Japan's consumer prices flat as pandemic stokes fears of deflation
TOKYO (Reuters) – Japan’s core consumer prices were stubbornly unchanged in July, dashing hopes for a modest rise as the coronavirus pandemic hit household demand and revived fears of a national plunge back into deflation.
A slow economic recovery from last quarter’s record slump is expected to weigh on prices as consumer demand collapsed amid resurgent infections, which will in turn hit profits, jobs and business investment, analysts say.
The spectre of a return to deflation will keep the Bank of Japan (BOJ) under pressure to continue massive monetary stimulus and maintain ultra-low interest rates to support government fiscal spending aimed at battling the health crisis.

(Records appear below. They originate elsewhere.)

//! Checkpoints of a hub that run while others work.

use crate::disk::ProbeDisk;
use crate::hub::hub_machine::HubMachine;
use crate::objects::Object;
use crate::store::{Failed, Running};
use charmlet_hub::{Checkpoint, NotSealed};
use charmlet_model::Refusal;
use charmlet_sequencer::ProcessorState;
use charmlet_watch::{Watched, WatchedName, Watcher};

/// What is lacking if no checkpoint runs.
const CHECKPOINT: Failed = Failed::Lacks("checkpoint");

/// What is lacking if it isn't this shelf's turn, or a shelf wasn't handed in yet.
const SHELF: Failed = Failed::Lacks("shelf");

impl<B: WatchedName> HubMachine<B> {
    /// Makes this call with the running checkpoint. A seal answers its generation.
    pub(crate) fn call_running(&mut self, call: Running) -> Result<Option<u64>, Failed> {
        match call {
            Running::Begin => self.begin(),
            Running::Image(processor) => self.image_shelf(processor),
            Running::Seal => self.seal(),
            Running::Abandon => self.abandon(),
        }
    }

    fn begin(&mut self) -> Result<Option<u64>, Failed> {
        match self.hub.begin(&mut self.me) {
            Ok(checkpoint) => {
                // A hub begins none while one runs.
                end(
                    &mut self.hub,
                    &mut self.me,
                    self.checkpoint.replace(checkpoint),
                );
                Ok(None)
            }
            Err(refusal) => Err(Failed::Refused(refusal)),
        }
    }

    fn image_shelf(&mut self, processor: u16) -> Result<Option<u64>, Failed> {
        let Some(checkpoint) = self.checkpoint.as_mut() else {
            return Err(CHECKPOINT);
        };
        match self.shelves.get_mut(usize::from(processor)) {
            Some(shelf) => image(&mut self.hub, checkpoint, shelf),
            None => Err(Failed::Refused(Refusal::BadPes)),
        }
    }

    fn seal(&mut self) -> Result<Option<u64>, Failed> {
        let processors = self.hub.processors();
        match self.checkpoint.take() {
            None => Err(CHECKPOINT),
            Some(checkpoint) if checkpoint.shelves() == processors => {
                match self.hub.seal(&mut self.me, checkpoint) {
                    Ok(generation) => Ok(Some(generation)),
                    Err(
                        NotSealed {
                            refusal,
                            checkpoint,
                        },
                    ) => {
                        end(
                            &mut self.hub,
                            &mut self.me,
                            self.checkpoint.replace(checkpoint),
                        );
                        Err(Failed::Refused(refusal))
                    }
                }
            }
            Some(checkpoint) => {
                end(
                    &mut self.hub,
                    &mut self.me,
                    self.checkpoint.replace(checkpoint),
                );
                Err(SHELF)
            }
        }
    }

    fn abandon(&mut self) -> Result<Option<u64>, Failed> {
        match self.checkpoint.take() {
            Some(checkpoint) => {
                self.hub.abandon(&mut self.me, checkpoint);
                Ok(None)
            }
            None => Err(CHECKPOINT),
        }
    }
}

/// Makes a checkpoint at once: it begins, all shelves are handed in, and it is sealed. If that is
/// refused, the checkpoint is given up.
pub(crate) fn checkpoint<B: WatchedName>(
    hub: &mut Watched<ProbeDisk, Object, B>,
    me: &mut Watcher<B>,
    shelves: &mut [ProcessorState<Object, B>],
) -> Result<u64, Failed> {
    let mut checkpoint = match hub.begin(me) {
        Ok(checkpoint) => checkpoint,
        Err(refusal) => return Err(Failed::Refused(refusal)),
    };
    let imaged = image_all(hub, &mut checkpoint, shelves);
    match imaged {
        Ok(()) => seal_or_abandon(hub, me, checkpoint),
        Err(failed) => {
            hub.abandon(me, checkpoint);
            Err(failed)
        }
    }
}

/// Hands in all shelves.
fn image_all<B: WatchedName>(
    hub: &mut Watched<ProbeDisk, Object, B>,
    checkpoint: &mut Checkpoint<B>,
    shelves: &mut [ProcessorState<Object, B>],
) -> Result<(), Failed> {
    for shelf in shelves.iter_mut() {
        image(hub, checkpoint, shelf)?;
    }
    Ok(())
}

/// Seals a checkpoint, or gives it up.
fn seal_or_abandon<B: WatchedName>(
    hub: &mut Watched<ProbeDisk, Object, B>,
    me: &mut Watcher<B>,
    checkpoint: Checkpoint<B>,
) -> Result<u64, Failed> {
    if checkpoint.shelves() != hub.processors() {
        hub.abandon(me, checkpoint);
        return Err(SHELF);
    }
    match hub.seal(me, checkpoint) {
        Ok(generation) => Ok(generation),
        Err(
            NotSealed {
                refusal,
                checkpoint,
            },
        ) => {
            hub.abandon(me, checkpoint);
            Err(Failed::Refused(refusal))
        }
    }
}

/// Ends a checkpoint, if there is one.
pub(crate) fn end<B: WatchedName>(
    hub: &mut Watched<ProbeDisk, Object, B>,
    me: &mut Watcher<B>,
    checkpoint: Option<Checkpoint<B>>,
) {
    if let Some(checkpoint) = checkpoint {
        hub.abandon(me, checkpoint);
    }
}

/// Hands in a shelf, if it is the next one.
fn image<B: WatchedName>(
    hub: &mut Watched<ProbeDisk, Object, B>,
    checkpoint: &mut Checkpoint<B>,
    shelf: &mut ProcessorState<Object, B>,
) -> Result<Option<u64>, Failed> {
    if shelf.number() != checkpoint.shelves() {
        return Err(SHELF);
    }
    let room = shelf.image_room();
    let images = shelf.images(room)?;
    match hub.image(checkpoint, shelf, images) {
        Ok(()) => Ok(None),
        Err(_) => Err(Failed::MEMORY),
    }
}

Japan’s core consumer prices stood flat in July from a year earlier, data by the Ministry of Internal Affairs and Communications showed on Friday.
The core consumer price index, which includes oil products but excludes volatile fresh food prices, undershot a median market forecast for a 0.1% rise, following a flat reading in June, the data showed.
The so-called core-core inflation index, which excludes food and energy prices and is similar to the core index used in the United States, rose 0.4% in the year to July.
The BOJ projects consumer prices to fall 0.5% this fiscal year to next March and stay well below its 2% target through early 2023.
The central bank holds its next policy-setting meeting Sept. 16-17.
Friday’s data came after a batch of indicators confirmed weak demand at home and abroad, with exports posting a fifth consecutive month of double-digit falls and a surprise drop in core machinery orders pointing to fragile capital expenditure.
Japan’s economy, the world’s third-largest, suffered a record annualised contraction of 27.8% in April-June as lockdowns through late May aimed at containing the pandemic dampened business activity and crushed private consumption.
Analysts expect any rebound in the current quarter to be modest, with fears of a second wave of infections potentially hitting spending and prolonging a long stretch of deflation.